Akşener, a former interior minister, announced a week after local elections on March 31 that she would not run for the post of chairperson. Party stalwarts Koray Aydın, Müsavat Dervişoğlu and Tolga Akalın will compete for the chair at the convention in the capital, Ankara. The party officials said no spectators would be allowed into the venue, unlike at other parties' conventions.

As she announced her intent to leave her post earlier this month, Akşener said in a statement that she would not shy away from taking responsibility for paying the price when necessary.

In the local elections, the IP won around 3.7% of the vote across Türkiye, right behind the MHP. The IP was only a few points ahead of the Victory Party (ZP), another party founded by former MHP members. In the last presidential election, the candidate it endorsed lost. Akşener'ss decision echoes the Republican People's Party's (CHP) tumultuous post-election period after its leader Kemal Kılıçdaroğlu lost to incumbent President Recep Tayyip Erdoğan in the presidential election of 2023. The CHP held an extraordinary intraparty election last November, something that cost Kılıçdaroğlu his seat. Like Kılıçdaroğlu, whom she once endorsed, Akşener's political fate depended on the election results. She was already under fire by her dissidents within the party for her insistence on fielding the party's candidates instead of supporting stronger contenders from other parties, namely, the CHP.

The IP has been grappling with back-to-back scandals, including infighting since the six-party opposition bloc lost to the People's Alliance in presidential and parliamentary elections. The chaos worsened after Akşener pulled her party out of the alliance, blaming the CHP for the party's poor showing in legislative polls, and officially rejected the CHP's offer to team up again for the mayoral vote.

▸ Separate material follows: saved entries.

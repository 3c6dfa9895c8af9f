//! The reply to an act, from what the entries before say.
ghost use Rattle.std.specs.Prelude.{◌≡◌, ◌≤◌, length, IfOk};
ghost use Rattle.fy_cluster.specs.declared.config.TheConstants.{MOST_JOURNAL_ENTRIES};
ghost use Rattle.fy_cluster.specs.Replies.{reply};
ghost use Rattle.fy_check_by_rules.specs.Past.{history_of};
ghost use Rattle.fy_check_by_rules.specs.Allowed.{allowed_reply};

mod clock;
mod kills;
mod processes;
mod records;
mod rights;
mod teams;

use crate::past::Past;
use crate::teams::Swap;
use clock::tick;
use fy_acts::{Act, Refusal, Reply};
use kills::{clog, kill, unclog};
use processes::{heal, start};
use records::{begin, copy, deliver, lose, resend, sync};
use rights::{give, protect, take, unprotect};
use std::alloc::AllocError;
use teams::{form, replace};

/// The reply to an act that its actor may make.
fn allowed_reply(before: &Past, by: u32, act: &Act) -> Result<Reply, AllocError>
    requires few { length before.now.steps.now ≤ MOST_JOURNAL_ENTRIES }
    ensures { IfOk result (λ answer. answer ≡ allowed_reply before.now by act.now) }
{
    match act {
        Act::Kill { order } => kill(before, by, order),
        Act::Clog { target, .. } => clog(before, by, target),
        Act::Unclog { target } => unclog(before, by, target),
        Act::Form { members, policy } => form(before, members, *policy),
        Act::Replace { team, out, into } => replace(
            before,
            Swap {
                team: *team,
                out: *out,
                into: *into,
            },
        ),
        Act::Begin { team, payload } => begin(before, *team, payload),
        Act::Deliver { message } => deliver(before, *message),
        Act::Lose { message } => lose(before, *message),
        Act::Resend { rec, process } => resend(before, *rec, *process),
        Act::Sync { process } => sync(before, *process),
        Act::CopyTo { from, rec, to } => copy(before, *from, *rec, *to),
        Act::Up { process } => Ok(start(before, *process)),
        Act::Heal { process } => heal(before, *process),
        Act::Tick { ticks } => Ok(tick(before, *ticks)),
        Act::Give { grant } => give(before, *grant),
        Act::Take { actor, index } => take(before, *actor, *index),
        Act::Protect { process, .. } => Ok(protect(before, *process)),
        Act::Unprotect { process, .. } => Ok(unprotect(before, *process)),
    }
}

/// The reply to an act. An unknown actor, or one whose role may not make the act, is refused first.
pub(crate) fn reply(before: &Past, by: u32, act: &Act) -> Result<Reply, AllocError>
    requires few { length before.now.steps.now ≤ MOST_JOURNAL_ENTRIES }
    ensures { IfOk result (λ answer. answer
        ≡ reply before.now.config.now (history_of before.now) by act.now) }
{
    let Some(role) = before.config.role(by) else {
        return Ok(Reply::No(Refusal::Stranger));
    };
    if !role.may(act) {
        return Ok(Reply::No(Refusal::WrongRole));
    }
    let answer = allowed_reply(before, by, act)?;
    Ok(answer)
}
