// The gate at a sender (W-207, source 002's "Shaping"): a token bucket by value that lets a frame pass or drops it.
//
// A gate may hold anything: its numbers are judged before one is used.
#![tactic(auto)]

ghost use Rattle.std.specs.Prelude.{◌≡◌, ◌≤◌, true};
ghost use Rattle.model.specs.Gate.{gate_in_range, length_in_range, time_passed, tokens_at, gate_with, metered, no_gate};
ghost use Rattle.sender_gate.specs.View.{gate_of, code_of, answer_of, Opens, Offers};

use orders::SMALLEST_FRAME;
use units::{Bytes, Micros, Rate, Tokens};

#[repr(C)]
#[derive(Clone, Copy)]
pub struct Gate {
    pub rate: Rate,
    pub burst: Bytes,
    // The largest frame.
    pub frame: Bytes,
    pub tokens: Tokens,
    // The last reading of the clock, a counter of microseconds.
    pub reading: u32,
}

// What becomes of an opening or an offer.
#[derive(Clone, Copy)]
enum Outcome {
    // Opened or passed.
    Done = 0,
    Dropped = 1,
    FrameOutOfRange = 60,
    GateOutOfRange = 61,
}

// The code, and the gate then.
#[repr(C)]
#[derive(Clone, Copy)]
pub struct GateAnswer {
    pub gate: Gate,
    pub code: u32,
}

// With so many tokens at this reading.
#[tactic(auto, unfolding(model::specs::Gate::gate_with))]
fn answer(outcome: Outcome, gate: Gate, tokens: Tokens, reading: u32) -> GateAnswer
    ensures { answer_of result ≡ record { code = code_of outcome; gate = gate_with (gate_of gate) tokens.0 reading } }
{
    GateAnswer {
        gate: Gate {
            tokens,
            reading,
            ..gate
        },
        code: outcome as u32,
    }
}

fn in_range(gate: Gate) -> bool
    ensures { result ≡ gate_in_range (gate_of gate) }
{
    orders::rate_in_range(gate.rate)
        && orders::burst_in_range(gate.burst)
        && orders::frame_in_range(gate.frame)
        && gate.frame.0 <= gate.burst.0
        && gate.tokens.0 <= units::tokens_of(gate.burst).0
}

// Round the corner where the clock has rolled over.
#[tactic(auto, unfolding(model::specs::Gate::time_passed))]
fn time_passed(last: u32, now: u32) -> Micros
    ensures { result.0 ≡ time_passed last now }
{
    Micros(u64::from(now.wrapping_sub(last)))
}

// A frame that finds so many tokens there.
#[tactic(auto, unfolding(model::specs::Gate::metered))]
fn meter(gate: Gate, length: Bytes, now: u32, there: Tokens) -> GateAnswer
    requires { length.0 ≤ 1000000 }
    ensures { answer_of result ≡ metered (gate_of gate) length.0 now there.0 }
{
    let taken = units::tokens_of(length);
    if taken.0 <= there.0 {
        return answer(Outcome::Done, gate, Tokens(there.0 - taken.0), now);
    }
    answer(Outcome::Dropped, gate, there, now)
}

// A frame at a reading; the tokens are never above full. One call for both cases would make the processor wait for the lesser of two sums.
fn meter_at(gate: Gate, length: Bytes, now: u32) -> GateAnswer
    requires { (gate_in_range (gate_of gate) ≡ true) × (length_in_range (gate_of gate) length.0 ≡ true) }
    ensures { answer_of result ≡ metered (gate_of gate) length.0 now (tokens_at (gate_of gate) now) }
{
    let full = units::tokens_of(gate.burst);
    let added = units::tokens_added(gate.rate, time_passed(gate.reading, now));
    if full.0 - gate.tokens.0 < added.0 {
        return meter(gate, length, now, full);
    }
    meter(gate, length, now, Tokens(gate.tokens.0 + added.0))
}

// What there is after a refused opening: an offer to it is 61.
#[tactic(auto, unfolding(model::specs::Gate::no_gate))]
fn no_gate() -> Gate
    ensures { gate_of result ≡ no_gate }
{
    Gate {
        rate: Rate(0),
        burst: Bytes(0),
        frame: Bytes(0),
        tokens: Tokens(0),
        reading: 0,
    }
}

// A gate at this reading, full. Its numbers are judged without tokens first: those of a burst out of range may need more than 64
// bits.
pub fn open(rate: Rate, burst: Bytes, frame: Bytes, now: u32) -> GateAnswer
    ensures { Opens rate.0 burst.0 frame.0 now result }
{
    let empty = Gate {
        rate,
        burst,
        frame,
        tokens: Tokens(0),
        reading: now,
    };
    if !in_range(empty) {
        return answer(Outcome::GateOutOfRange, no_gate(), Tokens(0), 0);
    }
    answer(Outcome::Done, empty, units::tokens_of(burst), now)
}

// A frame of so many bytes is offered at this reading. Refused, 61 or 60, it leaves the gate as it was.
pub fn offer(gate: Gate, length: Bytes, now: u32) -> GateAnswer
    ensures { Offers gate length.0 now result }
{
    if !in_range(gate) {
        return answer(Outcome::GateOutOfRange, gate, gate.tokens, gate.reading);
    }
    if !columns::within(SMALLEST_FRAME, gate.frame.0, length.0) {
        return answer(Outcome::FrameOutOfRange, gate, gate.tokens, gate.reading);
    }
    meter_at(gate, length, now)
}

// The same for senders in C.
#[unsafe(no_mangle)]
pub extern "C" fn devvonur_gate_open(rate: u64, burst: u64, frame: u64, now: u32) -> GateAnswer
    ensures { Opens rate burst frame now result }
{
    open(Rate(rate), Bytes(burst), Bytes(frame), now)
}

#[unsafe(no_mangle)]
pub extern "C" fn devvonur_gate_offer(gate: Gate, length: u64, now: u32) -> GateAnswer
    ensures { Offers gate length now result }
{
    offer(gate, Bytes(length), now)
}
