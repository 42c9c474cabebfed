// Answer lines (document 01, "Columns"): the line is begun, then each field is filled from the right in the part of it that
// starts at the field's column.
#![tactic(auto)]

ghost use Rattle.std.specs.Prelude.{◌≡◌, ◌++◌, ◌≤◌, length, drop};
ghost use Rattle.model.specs.Answers.{answer_columns, answer_line};
ghost use Rattle.causes.specs.View.{numbers_in};
ghost use Rattle.admission.specs.View.{refusal_of, answer_of};
ghost use Rattle.answer_line.specs.View.{fields_of};

use admission::Answer;
use causes::Numbers;
use columns::LF;

// What an answer line holds after the line number.
#[derive(Clone, Copy)]
struct Fields {
    code: u32,
    slot: u32,
    link: u32,
    level: u32,
}

// Those of a refusal.
impl From<Numbers> for Fields {
    ghost from_gives = { λ numbers fields. fields_of fields ≡ refusal_of (numbers_in numbers) };

    fn from(numbers: Numbers) -> Fields {
        Fields {
            code: numbers.code,
            slot: 0,
            link: numbers.link,
            level: numbers.level,
        }
    }
}

impl From<Answer> for Fields {
    ghost from_gives = { λ answer fields. fields_of fields ≡ answer_of answer };

    fn from(answer: Answer) -> Fields {
        match answer {
            Ok(slot) => Fields {
                code: 0,
                slot,
                link: 0,
                level: 0,
            },
            Err(cause) => Fields::from(Numbers::from(cause)),
        }
    }
}

// Fills the columns after the line number; `part` starts at the first of them.
pub fn write_answer(answer: Answer, part: &mut [u8])
    requires { 13 ≤ length part.old }
    ensures { part.new ≡ answer_columns (answer_of answer) ++ drop 13 part.old }
{
    let fields = Fields::from(answer);
    columns::write_at(part, 1, 3, u64::from(fields.code));
    columns::write_at(part, 4, 7, u64::from(fields.slot));
    columns::write_at(part, 8, 11, u64::from(fields.link));
    columns::write_at(part, 12, 13, u64::from(fields.level));
}

// Writes the answer to the order of this line number over the first 20 bytes of `line`.
pub fn write_line(number: u32, answer: Answer, line: &mut [u8])
    requires { 20 ≤ length line.old }
    ensures { line.new ≡ answer_line number (answer_of answer) ++ drop 20 line.old }
{
    line[19] = LF;
    columns::write_at(line, 1, 6, u64::from(number));
    write_answer(answer, &mut line[6..]);
}
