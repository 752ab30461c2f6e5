// Stops and updates on a state by value.
ghost use Rattle.std.specs.Prelude.{ℕ, length};
ghost use Rattle.own.specs.changes.Changes.{new_port, new_txt};
ghost use Rattle.responder.specs.Handed.{Tick};
ghost use Rattle.responder.specs.changes.Changes.{Update};
ghost use Rattle.responder.specs.Calls.{refusal_of, length_of};
ghost use Rattle.uniqueness.specs.Responder.{responder};
ghost use Rattle.demand3.specs.Seen.{Calls};

use responder::State;
use responder::changes::{Stopped, Updated};

pub fn stop(state: State, time: u64, out: &mut [u8]) -> Stopped
    ensures { (let t : Tick = record { time = time; room = length out.old } in
        Calls (responder.stop state t) state out.old (refusal_of result.answer) (length_of result.answer) result.state out.new) }
{
    responder::changes::stop(state, time, out)
}

pub fn update_port(state: State, time: u64, port: u16, out: &mut [u8]) -> Updated
    ensures { (let u : Update = record { time = time; room = length out.old; new = new_port port } in
        Calls (responder.update state u) state out.old (refusal_of result.answer) (length_of result.answer) result.state out.new) }
{
    responder::changes::update_port(state, time, port, out)
}

pub fn update_txt(state: State, time: u64, txt: &[u8], out: &mut [u8]) -> Updated
    ensures { (let u : Update = record { time = time; room = length out.old; new = new_txt txt.now } in
        Calls (responder.update state u) state out.old (refusal_of result.answer) (length_of result.answer) result.state out.new) }
{
    responder::changes::update_txt(state, time, txt, out)
}
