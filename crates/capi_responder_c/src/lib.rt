// The responder for C: each function calls the one of the same name in `capi_responder`, with the same clauses. c/include/kurgashel.h declares them.
#![tactic(auto)]

ghost use Rattle.capi_responder.specs.Exported.{Starts, Receives, Calls};
ghost use Rattle.std.specs.Prelude.{List, ℕ, length, ◌≡◌};
ghost use Rattle.responder.specs.Handed.{Arrival, Tick};
ghost use Rattle.responder.specs.address.Address.{address_of};
ghost use Rattle.responder.specs.Runs.{ticked, stopped, updated};
ghost use Rattle.own.specs.changes.Changes.{new_port, new_txt};
ghost use Rattle.responder.specs.changes.Changes.{Update};
ghost use Rattle.capi_responder.specs.state.Told.{claim_number, next_step};

use capi_responder::Called;
use capi_responder::state::NextStep;

// Begins a responder in lent bytes, with the bytes of a set-up.
#[unsafe(no_mangle)]
pub extern "C" fn kurgashel_start(state: &mut [u8], setup: &[u8], time: u64, draw: u64) -> Called
    ensures { Starts state.old setup.now time draw result state.new }
{
    capi_responder::kurgashel_start(state, setup, time, draw)
}

// Takes a packet that came from an address (16 bytes, or the 4 of IPv4) and a port, with the draws for a PTR reply and for a query that is held, and writes the
// answers that go out at once: to `out` those to all, to `unicast` those to the asker.
#[unsafe(no_mangle)]
pub extern "C" fn kurgashel_receive(
    state: &mut [u8],
    time: u64,
    from: &[u8],
    port: u16,
    draw: u64,
    hold: u64,
    packet: &[u8],
    out: &mut [u8],
    unicast: &mut [u8],
) -> Called
    ensures { (let source = address_of from.now in
        let p : List ℕ = packet.now in
        let room = length out.old in
        let second = length unicast.old in
        let a : Arrival = record { time = time; from = source; port = port; draw = draw; hold = hold; packet = p; room = room; unicastroom = second } in
        Receives state.old a out.old unicast.old result state.new out.new unicast.new) }
{
    capi_responder::kurgashel_receive(state, time, from, port, draw, hold, packet, out, unicast)
}

// Walks the due steps, and writes the packet of the first that sends.
#[unsafe(no_mangle)]
pub extern "C" fn kurgashel_tick(state: &mut [u8], time: u64, out: &mut [u8]) -> Called
    ensures { (let t : Tick = record { time = time; room = length out.old } in
        Calls state.old (ticked t) out.old result state.new out.new) }
{
    capi_responder::kurgashel_tick(state, time, out)
}

// Ends a responder: writes the goodbye of what it holds, and leaves both claims lost.
#[unsafe(no_mangle)]
pub extern "C" fn kurgashel_stop(state: &mut [u8], time: u64, out: &mut [u8]) -> Called
    ensures { (let t : Tick = record { time = time; room = length out.old } in
        Calls state.old (stopped t) out.old result state.new out.new) }
{
    capi_responder::changes::kurgashel_stop(state, time, out)
}

// Changes the port of the SRV record, and writes its announcement where the instance's name is held.
#[unsafe(no_mangle)]
pub extern "C" fn kurgashel_update_port(
    state: &mut [u8],
    time: u64,
    port: u16,
    out: &mut [u8],
) -> Called
    ensures { (let u : Update = record { time = time; room = length out.old; new = new_port port } in
        Calls state.old (updated u) out.old result state.new out.new) }
{
    capi_responder::changes::kurgashel_update_port(state, time, port, out)
}

// Changes the TXT record, and writes its announcement where the instance's name is held.
#[unsafe(no_mangle)]
pub extern "C" fn kurgashel_update_txt(
    state: &mut [u8],
    time: u64,
    txt: &[u8],
    out: &mut [u8],
) -> Called
    ensures { (let u : Update = record { time = time; room = length out.old; new = new_txt txt.now } in
        Calls state.old (updated u) out.old result state.new out.new) }
{
    capi_responder::changes::kurgashel_update_txt(state, time, txt, out)
}

// The state of a claim: 0 waiting, 1 probing, 2 deferred, 3 held, 4 lost; of the instance's where `claim` is 0, else of the host's.
#[unsafe(no_mangle)]
pub extern "C" fn kurgashel_claim(state: &[u8], claim: u8) -> u8
    ensures { result ≡ claim_number state.now claim }
{
    capi_responder::state::kurgashel_claim(state, claim)
}

// When the next step is due: until then a tick sends nothing.
#[unsafe(no_mangle)]
pub extern "C" fn kurgashel_due(state: &[u8]) -> NextStep
    ensures { result ≡ next_step state.now }
{
    capi_responder::state::kurgashel_due(state)
}
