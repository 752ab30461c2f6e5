// The functions that demand 3 is about. Each calls the responder's own, or, in `exported`, the exported one, and does nothing else; its contract cites
// `responder`, the record of the theorem (crates/uniqueness/specs/Responder.antt): what a caller sees of the call is the record's answer. Were a call to
// promise another definition than the record has, this crate would not be proved.
#![tactic(auto)]

pub mod changes;
pub mod exported;

ghost use Rattle.std.specs.Prelude.{◌≡◌, List, ℕ, length};
ghost use Rattle.responder.specs.Handed.{Arrival, Tick};
ghost use Rattle.responder.specs.Calls.{refusal_of, length_of, unicast_length_of};
ghost use Rattle.uniqueness.specs.Responder.{responder};
ghost use Rattle.demand3.specs.Seen.{begun_as, Calls, Receives};

use claims::holds::Address;
use own::records::Setup;
use responder::{Received, Started, State, Ticked};

pub fn start(setup: Setup, time: u64, draw: u64) -> Started
    ensures { responder.start setup time draw ≡ begun_as (refusal_of result.answer) result.state }
{
    responder::start(setup, time, draw)
}

pub fn receive(
    state: State,
    time: u64,
    from: Address,
    port: u16,
    draw: u64,
    hold: u64,
    packet: &[u8],
    out: &mut [u8],
    unicast: &mut [u8],
) -> Received
    ensures { (let room = length out.old in
        let second = length unicast.old in
        let p : List ℕ = packet.now in
        let a : Arrival = record { time = time; from = from; port = port; draw = draw; hold = hold; packet = p; room = room; unicastroom = second } in
        Receives (responder.receive state a) state a out.old unicast.old
        (refusal_of result.answer) (length_of result.answer) (unicast_length_of result.answer) result.state out.new unicast.new) }
{
    responder::receive(state, time, from, port, draw, hold, packet, out, unicast)
}

pub fn tick(state: State, time: u64, out: &mut [u8]) -> Ticked
    ensures { (let t : Tick = record { time = time; room = length out.old } in
        Calls (responder.tick state t) state out.old (refusal_of result.answer) (length_of result.answer) result.state out.new) }
{
    responder::tick(state, time, out)
}
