// The exported calls, on a state in bytes: the state that its bytes say before the call, those after it, and the answer in numbers.
ghost use Rattle.std.specs.Prelude.{◌≡◌, List, ℕ, length};
ghost use Rattle.responder.specs.Handed.{Arrival, Tick};
ghost use Rattle.responder.specs.address.Address.{address_of};
ghost use Rattle.own.specs.changes.Changes.{new_port, new_txt};
ghost use Rattle.responder.specs.changes.Changes.{Update};
ghost use Rattle.capi_responder.specs.codec.Codec.{decode};
ghost use Rattle.capi_responder.specs.Exported.{setup_for};
ghost use Rattle.uniqueness.specs.Responder.{responder};
ghost use Rattle.demand3.specs.Seen.{begun_as, Calls, Receives};

use capi_responder::Called;

pub fn start(state: &mut [u8], setup: &[u8], time: u64, draw: u64) -> Called
    ensures { let setup = setup_for setup.entry.now (length state.old) in
        responder.start setup time draw ≡ begun_as result.refusal (decode state.new) }
{
    capi_responder::kurgashel_start(state, setup, time, draw)
}

// Beside the one in the root: docs/DEMAND-3.md rests on the clause of each.
pub fn receive(
    state: &mut [u8],
    time: u64,
    from: &[u8],
    port: u16,
    draw: u64,
    hold: u64,
    packet: &[u8],
    out: &mut [u8],
    unicast: &mut [u8],
) -> Called
    ensures { (let x = decode state.old in
        let room = length out.old in
        let second = length unicast.old in
        let source = address_of from.now in
        let p : List ℕ = packet.now in
        let a : Arrival = record { time = time; from = source; port = port; draw = draw; hold = hold; packet = p; room = room; unicastroom = second } in
        Receives (responder.receive x a) x a out.old unicast.old
        result.refusal result.length result.unicast (decode state.new) out.new unicast.new) }
{
    capi_responder::kurgashel_receive(state, time, from, port, draw, hold, packet, out, unicast)
}

pub fn tick(state: &mut [u8], time: u64, out: &mut [u8]) -> Called
    ensures { (let x = decode state.old in
        let t : Tick = record { time = time; room = length out.old } in
        Calls (responder.tick x t) x out.old result.refusal result.length (decode state.new) out.new) }
{
    capi_responder::kurgashel_tick(state, time, out)
}

pub fn stop(state: &mut [u8], time: u64, out: &mut [u8]) -> Called
    ensures { (let x = decode state.old in
        let t : Tick = record { time = time; room = length out.old } in
        Calls (responder.stop x t) x out.old result.refusal result.length (decode state.new) out.new) }
{
    capi_responder::changes::kurgashel_stop(state, time, out)
}

pub fn update_port(state: &mut [u8], time: u64, port: u16, out: &mut [u8]) -> Called
    ensures { (let x = decode state.old in
        let u : Update = record { time = time; room = length out.old; new = new_port port } in
        Calls (responder.update x u) x out.old result.refusal result.length (decode state.new) out.new) }
{
    capi_responder::changes::kurgashel_update_port(state, time, port, out)
}

pub fn update_txt(state: &mut [u8], time: u64, txt: &[u8], out: &mut [u8]) -> Called
    ensures { (let x = decode state.old in
        let u : Update = record { time = time; room = length out.old; new = new_txt txt.now } in
        Calls (responder.update x u) x out.old result.refusal result.length (decode state.new) out.new) }
{
    capi_responder::changes::kurgashel_update_txt(state, time, txt, out)
}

Akşener and her close circle's insistence on competing alone has been pushing deputies, including founding members, away in droves, who believed that the IP had very little chance to haul in any significant constituencies by itself and instead endorse the CHP's Istanbul and Ankara Mayors Ekrem Imamoğlu and Mansur Yavaş, two former favorites of Akşener, something they correctly predicted.

Birol Aydemir, the party's chair for research and data management, joined others in resigning. On Thursday, Aydemir said he parted ways with the part "whose institutional structure collapsed because of certain people's self-interest."

"The Good Party cannot escape its current deadlock with those candidates. It is not about who will be the next chair, it should be about how the party can transform itself into a party that can embrace the whole nation and instill hope. I see it is way off that goal," he said.